Mechanism of estrogen biosynthesis. Stereochemistry of C-1 hydrogen elimination in the aromatization of 2 beta-hydroxy-19-oxoandrostenedione.

19-Hydroxy[1 alpha-3H]androstenedione was synthesized and its specific activity was accurately determined. Upon aromatization of the above material by placental microsomal aromatase preparation, a process involving 1 beta hydrogen elimination, only 7.4% of the isotope was lost establishing the alpha orientation of the 3H at C-1 in the substrate. The 19-hydroxy[1 alpha]3H]androstenedione was used as the starting material in the synthesis of 2 beta-hydroxy-19-oxo[1 alpha-3H]androstenedione which therefore had the same specific activity and isotope orientation as its precursor.
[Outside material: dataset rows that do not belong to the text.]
// The choice of one cell's index among its candidates. Functions may have a `requires`.
#![tactic(auto)]

ghost use Rattle.std.specs.Prelude.{◌≡◌, ℕ, ◌+◌, ◌*◌, ◌≤◌, ◌<◌, false, cond, length, get_or, pos};
ghost use Rattle.std.specs.List.{list_all};
ghost use Rattle.std.specs.Float.{nan, binary32};
ghost use Rattle.std.specs.Float.Ieee.{lt, le, of_int};
ghost use Rattle.counts.specs.Counts.{uniform_bits};
ghost use Rattle.lists.specs.Counted.{all_below};
ghost use Rattle.cells.specs.Sure.{Capped, Skips, Sure, Priced, passed_by, sole_by};
ghost use Rattle.rows.specs.Rows.{row_order, order_row, Fits};
ghost use Rattle.cells.specs.Cell.{square, total_of, plus, eight, squares_of, rates_of, pick_at, chosen, cell_of};

use context::{Index, Rank};
use std::ops::Add;

// Distance and rate, kept together.
#[derive(Clone, Copy)]
pub struct Cost {
    pub dist: f32,
    pub rate: f32,
}

// The candidate that stands: its total, rank and index.
#[derive(Clone, Copy)]
pub struct Pick {
    pub total: f32,
    pub rank: usize,
    pub index: usize,
}

#[derive(Clone, Copy)]
pub struct Cell {
    pub index: u8,
    pub cost: Cost,
}

pub fn square(x: f32, c: f32) -> f32
    ensures { result ≡ square x c }
{
    let e = x - c;
    e * e
}

impl Cost {
    pub fn total(self, lambda: f32) -> f32
        ensures { result ≡ total_of self lambda }
    {
        self.dist + lambda * self.rate
    }
}

impl Add for Cost {
    type Output = Cost;

    ghost add_gives = { λ c d r. r ≡ plus c d };

    fn add(self, d: Cost) -> Cost {
        Cost {
            dist: self.dist + d.dist,
            rate: self.rate + d.rate,
        }
    }
}

pub fn squares(x: f32, colors: &[f32; 8]) -> [f32; 8]
    ensures { result ≡ squares_of x colors.now }
{
    [
        square(x, colors[0]),
        square(x, colors[1]),
        square(x, colors[2]),
        square(x, colors[3]),
        square(x, colors[4]),
        square(x, colors[5]),
        square(x, colors[6]),
        square(x, colors[7]),
    ]
}

fn uniform(v: u8, n: u8) -> f32
    requires { n ≤ 8 }
    ensures { result ≡ of_int binary32 (pos (uniform_bits v n)) }
{
    counts::uniform_bits(u32::from(v), u32::from(n)) as u16 as f32
}

fn uniform_rates(n: u8) -> [f32; 8]
    requires { n ≤ 8 }
    ensures { result ≡ eight (λ k. of_int binary32 (pos (uniform_bits k n))) }
{
    [
        uniform(0, n),
        uniform(1, n),
        uniform(2, n),
        uniform(3, n),
        uniform(4, n),
        uniform(5, n),
        uniform(6, n),
        uniform(7, n),
    ]
}

fn eight_from(costs: &[f32], at: usize) -> [f32; 8]
    requires { at + 8 ≤ length costs.now }
    ensures { result ≡ eight (λ k. get_or costs.now (at + k) nan) }
{
    [
        costs[at],
        costs[at + 1],
        costs[at + 2],
        costs[at + 3],
        costs[at + 4],
        costs[at + 5],
        costs[at + 6],
        costs[at + 7],
    ]
}

// Told by three numbers, not by a struct: so the compiler keeps them apart.
fn better(p: Pick, total: f32, rank: usize, index: usize) -> Pick
    ensures { result ≡ cond (lt total p.total) (record { total = total; rank = rank; index = index }) p }
{
    if total < p.total {
        Pick { total, rank, index }
    } else {
        p
    }
}

// The candidate of rank q; the order is a row of the table.
fn candidate(
    dists: &[f32; 8],
    rates: &[f32; 8],
    orders: &rows::Orders,
    row: usize,
    q: usize,
    lambda: f32,
) -> Pick
    requires { (row < 512) × (q < 8) }
    ensures { result ≡ pick_at dists.now rates.now lambda q (get_or (order_row row) q 0) }
{
    let found = orders.index_at(row, Rank(q as u8));
    let index = usize::from(found.0);
    Pick {
        total: dists[index] + lambda * rates[q],
        rank: q,
        index,
    }
}

// The first of the cheapest candidates in rank order.
fn pick_by(
    dists: &[f32; 8],
    rates: &[f32; 8],
    orders: &rows::Orders,
    row: usize,
    n: usize,
    lambda: f32,
) -> Pick
    requires { Fits row n × (0 < n) × (n ≤ 8) }
    ensures value { result ≡ chosen dists.now rates.now lambda (row_order row n) }
    ensures inside { (result.index < n) × (result.rank < 8) }
{
    let mut best = candidate(dists, rates, orders, row, 0, lambda);
    for q in 1..n {
        let next = candidate(dists, rates, orders, row, q, lambda);
        best = better(best, next.total, q, next.index);
    }
    best
}

// The largest of the costs. It may be any number: `none_above` tests it.
fn highest(costs: &[f32]) -> f32 {
    costs
        .iter()
        .fold(0.0, |most, cost| if most < *cost { *cost } else { most })
}

fn none_above(costs: &[f32], most: f32) -> bool
    ensures { result ≡ list_all (λ cost. le cost most) costs.now }
{
    costs.iter().all(|cost| *cost <= most)
}

// What no cost of a cell among n colours exceeds; or nan.
pub fn cap_of(costs: &[f32], n: usize) -> f32
    requires { (2 ≤ n) × (n ≤ 8) × (length costs.now ≡ 301) }
    ensures { Capped costs.now n result }
{
    let at = 21 + (n - 2) * 40;
    let row = &costs[at..at + 40];
    let most = highest(row);
    if 0.0 <= most {
        if none_above(row, most) {
            return most;
        }
    }
    0.0 / 0.0
}

// Half way between two colours; past the last colour none.
fn mark(colors: &[f32; 8], i: usize, n: usize) -> f32
    requires { i < 7 }
{
    if i + 1 < n {
        return (colors[i] + colors[i + 1]) * 0.5;
    }
    1.0 / 0.0
}

// The marks for `guess`; they may be any numbers.
pub fn marks_of(colors: &[f32; 8], n: usize) -> [f32; 8] {
    [
        mark(colors, 0, n),
        mark(colors, 1, n),
        mark(colors, 2, n),
        mark(colors, 3, n),
        mark(colors, 4, n),
        mark(colors, 5, n),
        mark(colors, 6, n),
        0.0,
    ]
}

// An index that may be the nearest: how many of the seven marks lie below x.
fn guess(x: f32, marks: &[f32; 8]) -> usize
    ensures { result < 8 }
{
    usize::from(marks[0] < x)
        + usize::from(marks[1] < x)
        + usize::from(marks[2] < x)
        + usize::from(marks[3] < x)
        + usize::from(marks[4] < x)
        + usize::from(marks[5] < x)
        + usize::from(marks[6] < x)
}

// For each index b eight places: whether index i is past n, or b itself.
pub fn skips_of(n: usize) -> [bool; 64]
    ensures { Skips n result }
{
    let mut skips = [false; 64];
    for (j, skip) in skips.iter_mut().enumerate() {
        *skip = (n <= j % 8) | (j % 8 == j / 8);
    }
    skips
}

// Index i is skipped, or farther than top.
fn passed(dists: &[f32; 8], top: f32, skips: &[bool; 64], at: usize, i: usize) -> bool
    requires { (i < 8) × (at + 8 ≤ 64) }
    ensures { result ≡ passed_by dists.now top skips.now at i }
{
    skips[at + i] | (top < dists[i])
}

// Whether all others are farther than top.
fn alone(dists: &[f32; 8], top: f32, skips: &[bool; 64], at: usize) -> bool
    requires { at + 8 ≤ 64 }
    ensures { result ≡ all_below (passed_by dists.now top skips.now at) 8 }
{
    passed(dists, top, skips, at, 7)
        & (passed(dists, top, skips, at, 6)
            & (passed(dists, top, skips, at, 5)
                & (passed(dists, top, skips, at, 4)
                    & (passed(dists, top, skips, at, 3)
                        & (passed(dists, top, skips, at, 2)
                            & (passed(dists, top, skips, at, 1)
                                & (passed(dists, top, skips, at, 0) & true)))))))
}

// The cell of index b, with its rank from the table.
fn sole_cell(dists: &[f32; 8], rates: &[f32; 8], codes: &rows::Codes, row: usize, b: usize) -> Cell
    requires { (row < 512) × (b < 8) }
    ensures { result ≡ sole_by dists.now rates.now row b }
{
    let rank = codes.rank_at(row, Index(b as u8));
    let cost = Cost {
        dist: dists[b],
        rate: rates[usize::from(rank.0)],
    };
    Cell {
        index: b as u8,
        cost,
    }
}

// A cell's cost by rank; `first` at (0,0).
pub fn rates(costs: &[f32], n: usize, ctx: usize, first: bool) -> [f32; 8]
    requires { (2 ≤ n) × (n ≤ 8) × (ctx < 5) × (length costs.now ≡ 301) }
    ensures { result ≡ rates_of costs.now n ctx first }
{
    if first {
        return uniform_rates(n as u8);
    }
    eight_from(costs, 21 + ((n - 2) * 5 + ctx) * 8)
}

// The cheapest index for the sample x, the first of the cheapest in rank order.
// Stays (5): a `Pricing` would ask for more, the length of the costs and two colours.
pub fn choose_cell(
    x: f32,
    colors: &[f32; 8],
    orders: &rows::Orders,
    row: usize,
    rates: &[f32; 8],
    n: usize,
    lambda: f32,
) -> Cell
    requires { Fits row n × (0 < n) × (n ≤ 8) }
    ensures { result ≡ cell_of (squares_of x colors.now) rates.now lambda (row_order row n) }
{
    let dists = squares(x, colors);
    let p = pick_by(&dists, rates, orders, row, n, lambda);
    let cost = Cost {
        dist: dists[p.index],
        rate: rates[p.rank],
    };
    Cell {
        index: p.index as u8,
        cost,
    }
}

// What is made once for a size.
#[derive(Drop)]
pub struct Pricing<'a> {
    pub costs: &'a [f32],
    pub n: usize,
    pub lambda: f32,
    pub colors: [f32; 8],
    pub marks: [f32; 8],
    pub cap: f32,
    pub skips: [bool; 64],
    pub ghost few: { (2 ≤ n) × (n ≤ 8) },
    pub ghost full: { length costs.now ≡ 301 },
    pub ghost sure: { ∥ Sure costs.now n cap skips ∥₁ },
}

impl<'a> Pricing<'a> {
    pub fn new(costs: &'a [f32], colors: [f32; 8], n: usize, lambda: f32) -> Self
        requires { (2 ≤ n) × (n ≤ 8) × (length costs.now ≡ 301) }
        ensures { (result.costs.now ≡ costs.entry.now) × (result.n ≡ n) × (result.lambda ≡ lambda) × (result.colors ≡ colors) }
    {
        let marks = marks_of(&colors, n);
        let cap = cap_of(costs, n);
        let skips = skips_of(n);
        Pricing {
            costs,
            n,
            lambda,
            colors,
            marks,
            cap,
            skips,
        }
    }

    // A cell's cost by rank; `first` at (0,0).
    pub fn rates(&self, ctx: usize, first: bool) -> [f32; 8]
        requires { ctx < 5 }
        ensures { result ≡ rates_of self.now.costs.now self.now.n ctx first }
    {
        rates(self.costs, self.n, ctx, first)
    }

    // The cheapest index for the sample x, the first of the cheapest in rank order. In line, so that no cell stands in memory:
    // what is put there in parts and taken as a whole is waited for.
    #[inline(always)]
    pub fn choose(&self, orders: &rows::Orders, row: usize, rates: &[f32; 8], x: f32) -> Cell
        requires { Fits row self.now.n }
        ensures { result ≡ cell_of (squares_of x self.now.colors) rates.now self.now.lambda (row_order row self.now.n) }
    {
        choose_cell(x, &self.colors, orders, row, rates, self.n, self.lambda)
    }

    // As `choose`, but not for (0,0): at once where one index is the cheapest whatever the ranks.
    // Stays (5): `Priced` is asked here and by whom this serves, since `rates` and `choose` never asked for it.
    pub fn quick_cell(&self, tables: &rows::Tables, row: usize, ctx: usize, x: f32) -> Cell
        requires { Fits row self.now.n × (ctx < 5) × Priced self.now.costs.now self.now.lambda }
        ensures { result ≡ cell_of (squares_of x self.now.colors) (rates_of self.now.costs.now self.now.n ctx false)
            self.now.lambda (row_order row self.now.n) }
    {
        let rates = self.rates(ctx, false);
        let dists = squares(x, &self.colors);
        let b = guess(x, &self.marks);
        if b < self.n {
            let top = dists[b] + self.lambda * self.cap;
            if alone(&dists, top, &self.skips, b * 8) {
                return sole_cell(&dists, &rates, &tables.codes, row, b);
            }
        }
        self.choose(&tables.orders, row, &rates, x)
    }
}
The nonenzymatic collapse of 2 beta-hydroxy-19-oxo[1 alpha-3H]androstenedione in pH 7.1 buffer to estrone was associated with the elimination of only 2.6% of the isotope indicating that this process proceeds also with stereospecific 1 beta hydrogen elimination. The stereochemistry of hydrogen loss in the nonenzymatic aromatization of the 2 beta-hydroxy-19-oxo derivative is therefore beta and identical with that of estrogen biosynthesis. This provides further evidence in support of the hypothesis that the final enzymatic hydroxylation of the aromatization sequence takes place at position 2 beta of the androgen substrate and that its product, the 2 beta-hydroxy-19-aldehyde, is the proximate precursor of estrogen with the final conversion occurring nonenzymatically.